Knowing how many illegal immigrant children were in the system would give legislators a more accurate picture of the state’s progress. The same could be said about dropout rates or any other area of achievement. In no other area of state government, is such an important statistic, which affects the state in such a dramatic way, not kept.

Other findings
Education is only the biggest, but certainly not the only area in which a lack of information hampers a true assessment of the costs of immigration. Using proxies, such as a lack of social security numbers, some guesses can be made at the costs of emergency room care. The Texas Hospital Association has estimated the annual cost of uncompensated care to illegal immigrants at nearly $400 million a year. But not all costs are uncompensated. Through emergency Medicaid, the state picks up about $100 million a year of the costs of illegal immigration.

In higher education, however, we do know some of the costs of illegal immigrant students. Through House Bill 1403, passed in 2001, illegal immigrants have access to in-state tuition, a benefit that most legal immigrants don’t even have. (See Feb. 17, 2006 LSR). The cost to the state for that subsidy alone is $34.5 million a year.

Children with Special Health Care Needs
While immigrants or their children represent a portion of many state entitlement programs, their costs are much lower than those of citizens. Of course, there is an immigrant-only version of the Children’s Health Insurance Program, but compared to regular CHIP, it’s a drop in the bucket.

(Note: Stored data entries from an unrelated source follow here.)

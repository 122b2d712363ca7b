//! The items and clauses of rules that count.
ghost use Rattle.std.specs.Prelude.{◌≡◌, ◌≤◌, ◌<◌, ◌+◌, ◌*◌, ◌^◌, ◌-◌, ◌==◌, ℕ, suc, [], ◌∷◌, ◌++◌};
ghost use Rattle.std.specs.Prelude.{map, cond, List, OnOk};
ghost use Rattle.std.specs.List.{flat_map};
ghost use Rattle.cnf_export.specs.Laws.Clauses.{yes_to, no_to};
ghost use Rattle.cnf_export.specs.Laws.Encodings.{counting_clause, counts, ending_clause, has};
ghost use Rattle.cnf_export.specs.Laws.Encodings.{height};
ghost use Rattle.cnf_export.specs.Laws.Encodings.{count_rows, members, numbers, takes};
ghost use Rattle.cnf_export.specs.Laws.Encodings.{taking_clause};
ghost use Rattle.cnf_export.specs.Terms.{encoding_in};

use crate::Literals;
use crate::listed::Items;
use crate::literals::{add_no, add_three, add_two, add_yes, no_to, yes_to};
use crate::terms::Terms;
use constraint_forms::StepSet;
use std::alloc::AllocError;
use wf_names::StepId;

/// The variables of a count: the number of their block, and how many of them a user has.
#[derive(Clone, Copy)]
pub(crate) struct Count {
    pub(crate) block: u16,
    pub(crate) high: u16,
    ghost low: { high ≤ 256 },
}

/// The count in a block of a rule that limits how many users have a step.
pub(crate) fn count_in(block: u16, most: bool, limit: u8) -> Count
    ensures block { result.block ≡ block }
    ensures high { result.high ≡ height most limit }
{
    Count {
        block,
        high: height(most, limit),
    }
}

/// How many variables of a count a user has.
pub(crate) fn height(most: bool, limit: u8) -> u16
    ensures value { result ≡ height most limit }
    ensures small { result ≤ 256 }
{
    if most { limit as u16 + 1 } else { limit as u16 }
}

/// The items of a part of who has a step: the members, and that one of them is meant.
pub(crate) fn list_members(group: &StepSet, into: &mut Items) -> Result<(), AllocError>
    ensures { OnOk result (into.new ≡ map (λ t. suc t) (members group.now) ++ 0 ∷ []) }
{
    into.truncate(0);
    let limit = group.limit();
    'members: for t in 0..limit {
        if group.has(StepId(t as u8)) {
            into.push(t as u16 + 1)?;
        }
    }
    into.push(0)
}

/// The items of a part of a count: four rows for each number, of which some are left out.
pub(crate) fn list_rows(u: u16, high: u16, into: &mut Items) -> Result<(), AllocError>
    requires { high ≤ 256 }
    ensures { OnOk result (into.new
        ≡ flat_map (λ j. map (λ row. 4 * j + row) (count_rows u j)) (numbers 0 high)) }
{
    into.truncate(0);
    'numbers: for j in 0..high {
        list_row(u, j, into)?;
    }
    Ok(())
}

fn list_row(u: u16, j: u16, into: &mut Items) -> Result<(), AllocError>
    requires { j < 256 }
    ensures { OnOk result (into.new ≡ into.old ++ map (λ row. 4 * j + row) (count_rows u j)) }
{
    if u > 0 {
        into.push(4 * j)?;
    }
    if u > 0 || j == 0 {
        into.push(4 * j + 1)?;
    }
    into.push(4 * j + 2)?;
    if j > 0 {
        into.push(4 * j + 3)?;
    }
    Ok(())
}

/// That a user has some step of a group exactly where one of the steps has the user.
pub(crate) fn write_taking(
    terms: &Terms,
    block: u16,
    group: &StepSet,
    u: u16,
    k: u16,
    into: &mut Literals,
) -> Result<(), AllocError>
    ensures { OnOk result (into.new
        ≡ into.old ++ taking_clause (encoding_in terms.now) block group.now u k) }
{
    if k == 0 {
        add_no(into, terms.takes(block, u))?;
        return add_takers(terms, group, u, into);
    }
    add_two(
        into,
        no_to(terms.takes(k - 1, u)),
        yes_to(terms.takes(block, u)),
    )
}

// That some step of a group has the user, behind other literals.
fn add_takers(terms: &Terms, group: &StepSet, u: u16, into: &mut Literals) -> Result<(), AllocError>
    ensures { OnOk result (into.new
        ≡ into.old ++ map (λ t. yes_to (has (encoding_in terms.now) t u)) (members group.now)) }
{
    let limit = group.limit();
    'members: for t in 0..limit {
        if group.has(StepId(t as u8)) {
            add_yes(into, terms.has(StepId(t as u8), u))?;
        }
    }
    Ok(())
}

/// A row of a count, for the users up to u and a number j.
pub(crate) fn write_counting(
    terms: &Terms,
    count: Count,
    u: u16,
    j: u16,
    row: u16,
    into: &mut Literals,
) -> Result<(), AllocError>
    ensures { OnOk result (into.new
        ≡ into.old ++ counting_clause (encoding_in terms.now) count.block count.high u j row) }
{
    let so_many = terms.counts(count, u, j);
    let above = terms.counts(count, u.saturating_sub(1), j);
    let before = terms.counts(count, u.saturating_sub(1), j.saturating_sub(1));
    let taken = terms.takes(count.block, u);
    match row {
        0 => add_two(into, no_to(above), yes_to(so_many)),
        1 => add_three(into, no_to(taken), j == 0, no_to(before), yes_to(so_many)),
        2 => add_three(into, no_to(so_many), u == 0, yes_to(above), yes_to(taken)),
        _ => write_followed(so_many, u == 0, above, before, into),
    }
}

fn write_followed(
    so_many: u32,
    first: bool,
    above: u32,
    before: u32,
    into: &mut Literals,
) -> Result<(), AllocError>
    requires so_many { so_many < 2 ^ 30 }
    requires above { above < 2 ^ 30 }
    requires before { before < 2 ^ 30 }
    ensures { OnOk result (into.new
        ≡ into.old ++ no_to so_many ∷ cond first [] (yes_to above ∷ yes_to before ∷ [])) }
{
    add_no(into, so_many)?;
    if !first {
        add_yes(into, above)?;
        add_yes(into, before)?;
    }
    Ok(())
}

/// The literal that not more of all users have a step, or not fewer.
pub(crate) fn ending(terms: &Terms, count: Count, most: bool) -> i32
    ensures { ending_clause (encoding_in terms.now) count.block most count.high ≡ result ∷ [] }
{
    let last = terms.users().saturating_sub(1);
    let all = terms.counts(count, last, count.high.saturating_sub(1));
    if most { no_to(all) } else { yes_to(all) }
}
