//! Groups of clauses.
use constraint_forms::StepSet;
use wf_names::{RelId, StepId};

/// A group of clauses of one kind.
#[derive(Clone, Copy)]
pub(crate) enum Group {
    /// Users whom a step may not have do not have it.
    Outside(StepId),
    /// Some user whom a step may have has it.
    Someone(StepId),
    /// No two users have a step.
    Once(StepId),
    /// Users who are not related do not have the two steps.
    Pair {
        rho: RelId,
        first: StepId,
        second: StepId,
    },
    /// Whoever has the step, some step of the group has a user who is related to them, or, read
    /// back, to whom they are related.
    SomeOf {
        rho: RelId,
        back: bool,
        group: StepSet,
        step: StepId,
    },
    /// Which users have some step of the group.
    Taking {
        block: u16,
        group: StepSet,
    },
    /// How many users have some step of a group, up to each user.
    Counting {
        block: u16,
        most: bool,
        limit: u8,
    },
    /// That not more have, or not fewer.
    Ending {
        block: u16,
        most: bool,
        limit: u8,
    },
}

In one area, however, an entitlement program meant for all Texans has become almost the exclusive domain of immigrants: the Children with. Special Health Care Needs program.

CSHCN is a supplemental health care program designed to help indigent children with extraordinary or chronic health care problems that are too expensive to treat in traditional Medicaid. Although the program does not distinguish between legal residents and illegal residents, the number of non-citizens in the program is dramatic. In December of 2005, there were 1,452 non-citizens in the program – 68.8 percent of all clients enrolled. Furthermore, more than three-quarters of the cost of the program – 78.9 percent – is spent on these non-citizens.

The dramatic costs of illegal immigration to the state’s budget, are clearly a cause for concern to taxpayers.